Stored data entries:
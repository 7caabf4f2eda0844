// How a pass moves the voltages.
ghost use Rattle.std.specs.Prelude.{◌≡◌, ◌<◌, ◌-◌, min};
ghost use Rattle.voltage_moves.specs.Moves as specs;
ghost use Rattle.voltage_moves.specs.Moves.{moved_all, moved_to};

use float64::{abs, clamp};
use grid::{MOST_STATIONS, StationCount};

// Moves the voltages by one pass, with mismatches d that were all taken before it and the conductances m. Of two stations the second is moved and not clamped.
// The count is any number, since nothing is asked of a caller: one past the arrays takes all of them.
#[tactic(auto, unfolding(crate::specs::Moves::moved_of_two))]
pub fn move_voltages(
    v: &mut [f64; MOST_STATIONS],
    rated: &[f64; MOST_STATIONS],
    d: &[f64; MOST_STATIONS],
    m: &[f64; 1024],
    n_stations: usize,
)
    ensures { v.new ≡ moved_all m.now (min n_stations 32) rated.now d.now v.old }
{
    let n = StationCount::of(n_stations);
    if n.value == 2 {
        let q = 2.0 * m[33] * v[1] + m[32] * v[0];
        v[1] = moved(v[1], d[1], q);
    } else {
        move_each(v, rated, d, m, n);
    }
}

// Moves the stations behind the first one after the other, each clamped to 0.5 to 1.5 of its rated voltage. The divisor of a station sees those before it as
// they have moved. The count stands beside the arrays, here and in `divisor`: each as a slice would need a clause that it is as long as the others.
#[tactic(auto, unfolding(crate::specs::Moves::moved_to))]
fn move_each(
    v: &mut [f64; MOST_STATIONS],
    rated: &[f64; MOST_STATIONS],
    d: &[f64; MOST_STATIONS],
    m: &[f64; 1024],
    n: StationCount,
)
    ensures { v.new ≡ moved_to m.now n.value rated.now d.now v.old (n.value - 1) }
{
    for i in 1..n.value {
        let x = moved(v[i], d[i], divisor(m, v, i, n));
        let r = rated[i];
        v[i] = clamp(x, r * 0.5, r * 1.5);
    }
}

// What a station's mismatch is divided by: how its power changes with its own voltage. Its own product stands apart from those of the others.
fn divisor(m: &[f64; 1024], v: &[f64; MOST_STATIONS], i: usize, n: StationCount) -> f64
    requires { i < n.value }
    ensures { result ≡ specs.divisor m.now n.value v.now i }
{
    let mut others = 0.0;
    'below: for j in 0..i {
        others += m[i * MOST_STATIONS + j] * v[j];
    }
    'above: for j in i + 1..n.value {
        others += m[i * MOST_STATIONS + j] * v[j];
    }
    2.0 * m[i * MOST_STATIONS + i] * v[i] + others
}

// The voltage moved by mismatch / divisor. A divisor near zero moves nothing.
#[tactic(auto, unfolding(crate::specs::Moves::moved))]
fn moved(v: f64, mismatch: f64, divisor: f64) -> f64
    ensures { result ≡ specs.moved v mismatch divisor }
{
    if abs(divisor) > 0.000000000001 {
        return v + mismatch / divisor;
    }
    v
}
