// 000's state of a grid at a time, and the numbers of it that a stage of a step works on, by value.
use grid::{MOST_BREAKERS, MOST_STATIONS};

#[derive(Clone, Copy)]
pub struct DcTransientState {
    pub time_ms: f64,
    // Voltages, then cable currents: 000's station_voltages_kv and cable_currents_ka, packed as in its rk4_step.
    pub y: [f64; 96],
    pub station_currents_ka: [f64; MOST_STATIONS],
    pub fault_current_ka: f64,
    // Whether each is closed.
    pub breaker_states: [bool; MOST_BREAKERS],
}

// The numbers of a state that a step moves: station voltages in kV, then cable currents in kA; zeros past them.
#[derive(Clone, Copy)]
pub struct StageState {
    pub y: [f64; 96],
}

// How fast each of them changes, per second, in the same places.
#[derive(Clone, Copy)]
pub struct StageSlopes {
    pub dy: [f64; 96],
}
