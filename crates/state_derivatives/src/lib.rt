// The state of a grid at a time, and how fast its voltages and currents change.
#![tactic(auto)]

mod derivatives;
mod state;

pub use derivatives::{net_currents, state_derivatives};
pub use state::{DcTransientState, StageSlopes, StageState};
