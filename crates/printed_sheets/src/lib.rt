// A sheet printed from a grid and an order, and that it reads back to them. There is no code in this crate.
#![tactic(auto)]
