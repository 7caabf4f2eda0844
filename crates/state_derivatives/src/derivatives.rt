// How fast the voltages of n stations and the currents of m cables change. The state y has the voltages, then the currents.
ghost use Rattle.std.specs.Prelude.{◌≡◌, ◌+◌, ◌-◌, cond, length, ltb};
ghost use Rattle.std.specs.Float.{nan};
ghost use Rattle.lists.specs.Tables.{blank, over, padded};
ghost use Rattle.float64.specs.Constants.{nought};
ghost use Rattle.float64.specs.Arithmetic.{of, ◌⊖◌, ◌⊗◌, ◌⊘◌};
ghost use Rattle.network.specs.Network.{end};
ghost use Rattle.state_derivatives.specs.Derivatives.{passed, net, drain_current, drained, cable_rate, slopes, stations_in, cables_in};

use crate::state::{StageSlopes, StageState};
use grid::{CableCount, MOST_STATIONS, StationCount, cut_end};
use network::{Drain, Network};

// A cable in a stage.
#[derive(Clone, Copy)]
struct CableStage {
    v_from_kv: f64,
    v_to_kv: f64,
    current_ka: f64,
    resistance_ohm: f64,
    inductance_h: f64,
}

// A station in a stage.
#[derive(Clone, Copy)]
struct StationStage {
    net_current_ka: f64,
    capacitance_f: f64,
}

// DcSwitchingSimulator::state_derivatives. A count past the tables takes all of them.
#[tactic(auto, unfolding(lists::specs::Tables::blank))]
pub fn state_derivatives(network: &Network, drain: Drain, state: StageState) -> StageSlopes
    ensures { result.dy ≡ slopes network.now drain state.y }
{
    let n = StationCount::of(network.n_stations);
    let mut nets = [0.0; MOST_STATIONS];
    add_currents(&mut nets, network, &state.y);
    drain_ends(&mut nets, drain, &state.y, n);
    let mut dy = [0.0; 96];
    station_rates(&mut dy, network, &nets);
    cable_rates(&mut dy, network, &state.y);
    StageSlopes { dy }
}

// The current into each station. A count past the tables takes all of them.
#[tactic(auto, unfolding(lists::specs::Tables::blank))]
pub fn net_currents(network: &Network, state: StageState) -> [f64; MOST_STATIONS]
    ensures { result ≡ padded 32 (stations_in network.now) (net (end network.now.from) (end network.now.to) (stations_in network.now) state.y (cables_in network.now)) nought }
{
    let mut nets = [0.0; MOST_STATIONS];
    add_currents(&mut nets, network, &state.y);
    nets
}

// The current into each station, into zeros that are lent: where such arrays were handed back, and copied, a step of two stations took half as long again. One pass over the cables: to each station's
// sum they are added in their order, as if the cables were gone through for each station.
fn add_currents(nets: &mut [f64; MOST_STATIONS], network: &Network, y: &[f64; 96])
    requires { nets.old ≡ blank 32 nought }
    ensures { nets.new ≡ padded 32 (stations_in network.now) (net (end network.now.from) (end network.now.to) (stations_in network.now) y.now (cables_in network.now)) nought }
{
    let n = StationCount::of(network.n_stations).value;
    let m = CableCount::of(network.n_cables).value;
    for k in 0..m {
        pass_current(&mut nets[..n], network.from[k], network.to[k], y[n + k]);
    }
}

// Adds a cable's current to the station at its second end, and takes it off the one at its first unless the two are one. An end past the stations has none.
fn pass_current(nets: &mut [f64], from: usize, to: usize, current: f64)
    ensures { nets.new ≡ over (length nets.old) (λ i. passed from to current i (of nets.old i)) nan nets.old }
{
    let n = nets.len();
    if to < n {
        nets[to] += current;
    }
    if from < n {
        if from != to {
            nets[from] -= current;
        }
    }
}

// Takes the drain off the stations at both ends of the faulted cable, once if the two are one. A count and no slices, since currents and
// voltages lie side by side: each would need a clause that it is as long as the other.
fn drain_ends(nets: &mut [f64; MOST_STATIONS], drain: Drain, y: &[f64; 96], n: StationCount)
    ensures { nets.new ≡ over n.value (λ i. drained drain y.now i (of nets.old i)) nan nets.old }
{
    let from = drain.from;
    let to = drain.to;
    if from < n.value {
        nets[from] -= drain_current(drain, y[from]);
    }
    if to < n.value {
        if to != from {
            nets[to] -= drain_current(drain, y[to]);
        }
    }
}

// What is drained at an end of this voltage, in kA.
fn drain_current(drain: Drain, v_kv: f64) -> f64
    ensures { result ≡ drain_current drain v_kv }
{
    v_kv * 1000.0 / drain.resistance * drain.fraction
}

// The rates of the voltages in kV/s.
fn station_rates(dy: &mut [f64; 96], network: &Network, nets: &[f64; MOST_STATIONS])
    ensures { dy.new ≡ over (stations_in network.now) (λ i. of nets.now i ⊘ of network.now.capacitance_f i) nan dy.old }
{
    let n = StationCount::of(network.n_stations).value;
    for i in 0..n {
        let s = StationStage {
            net_current_ka: nets[i],
            capacitance_f: network.capacitance_f[i],
        };
        dy[i] = station_rate(s);
    }
}

fn station_rate(s: StationStage) -> f64
    ensures { result ≡ s.net_current_ka ⊘ s.capacitance_f }
{
    s.net_current_ka / s.capacitance_f
}

// The rates of the cable currents in kA/s, behind those of the voltages. The ends of a cable are cut to the last station.
fn cable_rates(dy: &mut [f64; 96], network: &Network, y: &[f64; 96])
    ensures { dy.new ≡ over (stations_in network.now + cables_in network.now) (λ i. cond (ltb i (stations_in network.now)) (of dy.old i) (cable_rate (end network.now.from) (end network.now.to) (of network.now.resistance_ohm) (of network.now.inductance_h) (stations_in network.now) y.now (i - stations_in network.now))) nan dy.old }
{
    let n = StationCount::of(network.n_stations).value;
    let m = CableCount::of(network.n_cables).value;
    for k in 0..m {
        let cable = CableStage {
            v_from_kv: y[cut_end(network.from[k] as u64, n)],
            v_to_kv: y[cut_end(network.to[k] as u64, n)],
            current_ka: y[n + k],
            resistance_ohm: network.resistance_ohm[k],
            inductance_h: network.inductance_h[k],
        };
        dy[n + k] = cable_rate(cable);
    }
}

fn cable_rate(c: CableStage) -> f64
    ensures { result ≡ (c.v_from_kv ⊖ c.v_to_kv ⊖ c.resistance_ohm ⊗ c.current_ka) ⊘ c.inductance_h }
{
    (c.v_from_kv - c.v_to_kv - c.resistance_ohm * c.current_ka) / c.inductance_h
}
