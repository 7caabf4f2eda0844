// How one pass of a flow moves the stations' voltages.
#![tactic(auto)]

mod moves;

pub use moves::move_voltages;
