// The index of a tree in work memory: each set gets its first entry, and its members are linked.
#![tactic(auto)]

ghost use Rattle.std.specs.Prelude.{◌≡◌, ◌≤◌, ◌<◌};
ghost use Rattle.arena_index.specs.internal.Indexing.{Numbers, Links, Indexes, Met, pushed, linked};
ghost use Rattle.arena.specs.internal.Words.{PLACES};

use arena::words::{Node, PLACES, actions, actor, decision, kind, next, put, set, word};

// Where an indexed tree stands: so many nodes, behind them for each code its set's first entry, and from heads on for each first entry the set's first member.
#[derive(Clone, Copy)]
struct Layout {
    nodes: usize,
    heads: usize,
    ghost within: { (nodes ≤ PLACES) × (heads ≤ 4194304) },
}

impl Layout {
    // Enters the set of word x, if it is a decision's and new, with the next entry; the entry after it. Numbers become words and places by `as`, here and
    // below, since std has no From between usize and u64.
    fn meet(self, w: &mut [u64], x: u64, entry: usize) -> usize
        requires { entry ≤ 8388608 }
        ensures { Met self.nodes x entry w.old w.new result }
    {
        let Node::Decision = kind(x) else {
            return entry;
        };
        let at = self.nodes + set(x);
        if word(w, at) != 0 {
            return entry;
        }
        put(w, at, entry as u64 + 1);
        entry + actions(x)
    }

    // Gives each set its first entry, in the order of the nodes.
    fn number(self, w: &mut [u64])
        ensures { Numbers self.nodes w.old w.new }
    {
        let mut entry = 0;
        for a in 0..self.nodes {
            let x = word(w, a);
            entry = self.meet(w, x, entry);
        }
    }

    // Puts the node at place a, whose word is x, before the members that stand at its set's first entry.
    fn push(self, w: &mut [u64], a: usize, x: u64, entry: usize)
        requires { entry < 16384 }
        ensures { w.new ≡ pushed self.heads a x entry w.old }
    {
        let head = self.heads + entry;
        let later = word(w, head) % PLACES;
        put(
            w,
            a,
            decision(actor(x), actions(x), entry, next(x), later as usize),
        );
        put(w, head, a as u64);
    }

    // Puts the node at place a, if it is a decision, before the members of its set.
    fn link_node(self, w: &mut [u64], a: usize)
        ensures { w.new ≡ linked self.nodes self.heads a w.old }
    {
        let x = word(w, a);
        let Node::Decision = kind(x) else {
            return;
        };
        let known = word(w, self.nodes + set(x)) as usize;
        if known == 0 {
            return;
        }
        self.push(w, a, x, (known - 1) % 16384);
    }

    // Links the members of each set, from the last node to the first.
    fn link(self, w: &mut [u64])
        ensures { Links self.nodes self.heads w.old w.new }
    {
        for a in (0..self.nodes).rev() {
            self.link_node(w, a);
        }
    }
}

// Indexes a tree of so many nodes, whose sets have codes below codes.
pub fn index(w: &mut [u64], nodes: usize, codes: usize)
    requires { (nodes ≤ PLACES) × (codes ≤ 16384) }
    ensures { Indexes nodes codes w.old w.new }
{
    let layout = Layout {
        nodes,
        heads: nodes + codes,
    };
    layout.number(w);
    layout.link(w);
}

Exercise requirements: Please give an exact copy of the lines above, beginning with the line containing "drain_ends(&mut nets, drain, &state.y, n);" and running through the line containing "nets.old ≡ blank", and of no other lines.

Output for this exercise:
    drain_ends(&mut nets, drain, &state.y, n);
    let mut dy = [0.0; 96];
    station_rates(&mut dy, network, &nets);
    cable_rates(&mut dy, network, &state.y);
    StageSlopes { dy }
}

// The current into each station. A count past the tables takes all of them.
#[tactic(auto, unfolding(lists::specs::Tables::blank))]
pub fn net_currents(network: &Network, state: StageState) -> [f64; MOST_STATIONS]
    ensures { result ≡ padded 32 (stations_in network.now) (net (end network.now.from) (end network.now.to) (stations_in network.now) state.y (cables_in network.now)) nought }
{
    let mut nets = [0.0; MOST_STATIONS];
    add_currents(&mut nets, network, &state.y);
    nets
}

// The current into each station, into zeros that are lent: where such arrays were handed back, and copied, a step of two stations took half as long again. One pass over the cables: to each station's
// sum they are added in their order, as if the cables were gone through for each station.
fn add_currents(nets: &mut [f64; MOST_STATIONS], network: &Network, y: &[f64; 96])
    requires { nets.old ≡ blank 32 nought }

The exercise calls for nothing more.